SAM 2 + GPT-4o — Cascading Foundation Models via Visual Prompting — Part 1 (5)

Stay In Touch

Subscribe to our Newsletter

Stay up-to-date on the latest blogs and news from Tenyks!

Thank you! Your submission has been received!

Oops! Something went wrong while submitting the form.
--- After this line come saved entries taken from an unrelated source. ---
//! Finds what is declared twice.
ghost use Rattle.std.specs.Prelude.{◌≡◌, ◌<◌, ℕ, ℤ, List, IfOk, IfSome, Some, length, map, bytes_eq};
ghost use Rattle.std.specs.Ordering.{int_eq};
ghost use Rattle.std.specs.List.{list_any};
ghost use Rattle.cs_decl.specs.Faults.{same_number, first_again, first_twice};

use crate::entries::{AnacronEntry, CronEntry, GroupEntry, PartEntry};
use cs_civil::Sequence;
use indexmap::IndexSet;
use json::Value;
use std::alloc::{AllocError, Global};

pub(crate) trait Named {
    /// The bytes of the name.
    ghost name_of: { Self → List ℕ };

    fn name(&self) -> &[u8]
        ensures { result.now ≡ name_of self.now };
}

impl Named for GroupEntry {
    ghost name_of = { λ group. group.name };

    fn name(&self) -> &[u8] {
        self.name.as_slice()
    }
}

impl Named for PartEntry {
    ghost name_of = { λ part. part.name };

    fn name(&self) -> &[u8] {
        self.name.as_slice()
    }
}

impl Named for AnacronEntry {
    ghost name_of = { λ entry. entry.identifier };

    fn name(&self) -> &[u8] {
        self.identifier.as_slice()
    }
}

/// A member of a JSON object.
impl<'a> Named for (&'a str, Value<'a>) {
    ghost name_of = { λ member. member.0.now };

    fn name(&self) -> &[u8] {
        self.0.as_bytes()
    }
}

/// The index of the first item with the name of an earlier one.
pub(crate) fn first_twice<T: Named>(alloc: Global, items: &[T]) -> Result<Option<usize>, AllocError>
    ensures value { IfOk result (λ o. o ≡ first_twice bytes_eq (map T.name_of items.now)) }
    ensures within { IfOk result (λ o. IfSome o (λ i. i < length items.now)) }
{
    let mut seen: IndexSet<&[u8]> = IndexSet::new(alloc);
    for (i, item) in items.iter().enumerate() {
        if !seen.insert(item.name())? {
            return Ok(Some(i));
        }
    }
    Ok(None)
}

fn set_of(alloc: Global, numbers: &[Option<i128>]) -> Result<IndexSet<i128>, AllocError>
    ensures { IfOk result
        (λ set. (n : ℤ) → list_any (int_eq n) set.keys
        ≡ list_any (same_number (Some n)) numbers.now) }
{
    let mut set = IndexSet::new(alloc);
    for number in numbers {
        if let Some(number) = number {
            set.insert(*number)?;
        }
    }
    Ok(set)
}

/// The index of the first number that is one of `before` or of the earlier ones.
pub(crate) fn twice_number(
    alloc: Global,
    before: &[Option<i128>],
    numbers: &[Option<i128>],
) -> Result<Option<usize>, AllocError>
    ensures { IfOk result (λ o. o ≡ first_again same_number before.now 0 numbers.now) }
{
    let mut seen = set_of(alloc, before)?;
    for (i, number) in numbers.iter().enumerate() {
        if let Some(number) = number {
            if !seen.insert(*number)? {
                return Ok(Some(i));
            }
        }
    }
    Ok(None)
}

pub(crate) fn twice_line(alloc: Global, cron: &[CronEntry]) -> Result<Option<usize>, AllocError>
    ensures { IfOk result
        (λ o. o ≡ first_twice same_number (map (λ e. e.name.number) cron.now)) }
{
    let none = Sequence::new(alloc);
    let mut numbers = Sequence::new(alloc);
    for entry in cron {
        numbers.push(entry.name.number)?;
    }
    twice_number(alloc, none.as_slice(), numbers.as_slice())
}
SAM 2 + GPT-4o — Cascading Foundation Models via Visual Prompting — Part 1 (2024)
Top Articles
Auto Parts Store in Miami, Florida | AutoZone
AutoZone Auto Parts in Jacksonville, FL (9805 Atlantic Blvd): Best Auto Parts Store Near Me
Chs.mywork
Triumph Speed Twin 2025 e Speed Twin RS, nelle concessionarie da gennaio 2025 - News - Moto.it
Aces Fmc Charting
Fototour verlassener Fliegerhorst Schönwald [Lost Place Brandenburg]
Paula Deen Italian Cream Cake
Rubfinder
Https //Advanceautoparts.4Myrebate.com
Keniakoop
Craigslist Apartments In Philly
2016 Ford Fusion Belt Diagram
Available Training - Acadis® Portal
Nutrislice Menus
Chastity Brainwash
Second Chance Maryland Lottery
Der Megatrend Urbanisierung
Spoilers: Impact 1000 Taping Results For 9/14/2023 - PWMania - Wrestling News
Kp Nurse Scholars
Golden Abyss - Chapter 5 - Lunar_Angel
Conan Exiles: Nahrung und Trinken finden und herstellen
Jeff Now Phone Number
Doublelist Paducah Ky
Craigslist Houses For Rent In Milan Tennessee
Disputes over ESPN, Disney and DirecTV go to the heart of TV's existential problems
Getmnapp
1145 Barnett Drive
What Sells at Flea Markets: 20 Profitable Items
Downtown Dispensary Promo Code
Tomb Of The Mask Unblocked Games World
Sinfuldeed Leaked
Free Tiktok Likes Compara Smm
Poe T4 Aisling
Indiana Jones 5 Showtimes Near Jamaica Multiplex Cinemas
Nicole Wallace Mother Of Pearl Necklace
Of An Age Showtimes Near Alamo Drafthouse Sloans Lake
The Pretty Kitty Tanglewood
Los Garroberros Menu
Marcus Roberts 1040 Answers
Fototour verlassener Fliegerhorst Schönwald [Lost Place Brandenburg]
Craiglist Hollywood
One Main Branch Locator
Levothyroxine Ati Template
Post A Bid Monticello Mn
فیلم گارد ساحلی زیرنویس فارسی بدون سانسور تاینی موویز
Craigslist Com St Cloud Mn
Joblink Maine
Motorcycles for Sale on Craigslist: The Ultimate Guide - First Republic Craigslist
New Starfield Deep-Dive Reveals How Shattered Space DLC Will Finally Fix The Game's Biggest Combat Flaw
Bismarck Mandan Mugshots
Dinargurus
Latest Posts
Article information

Author: Virgilio Hermann JD

Last Updated:

Views: 5855

Rating: 4 / 5 (61 voted)

Reviews: 92% of readers found this page helpful

Author information

Name: Virgilio Hermann JD

Birthday: 1997-12-21

Address: 6946 Schoen Cove, Sipesshire, MO 55944

Phone: +3763365785260

Job: Accounting Engineer

Hobby: Web surfing, Rafting, Dowsing, Stand-up comedy, Ghost hunting, Swimming, Amateur radio

Introduction: My name is Virgilio Hermann JD, I am a fine, gifted, beautiful, encouraging, kind, talented, zealous person who loves writing and wants to share my knowledge and understanding with you.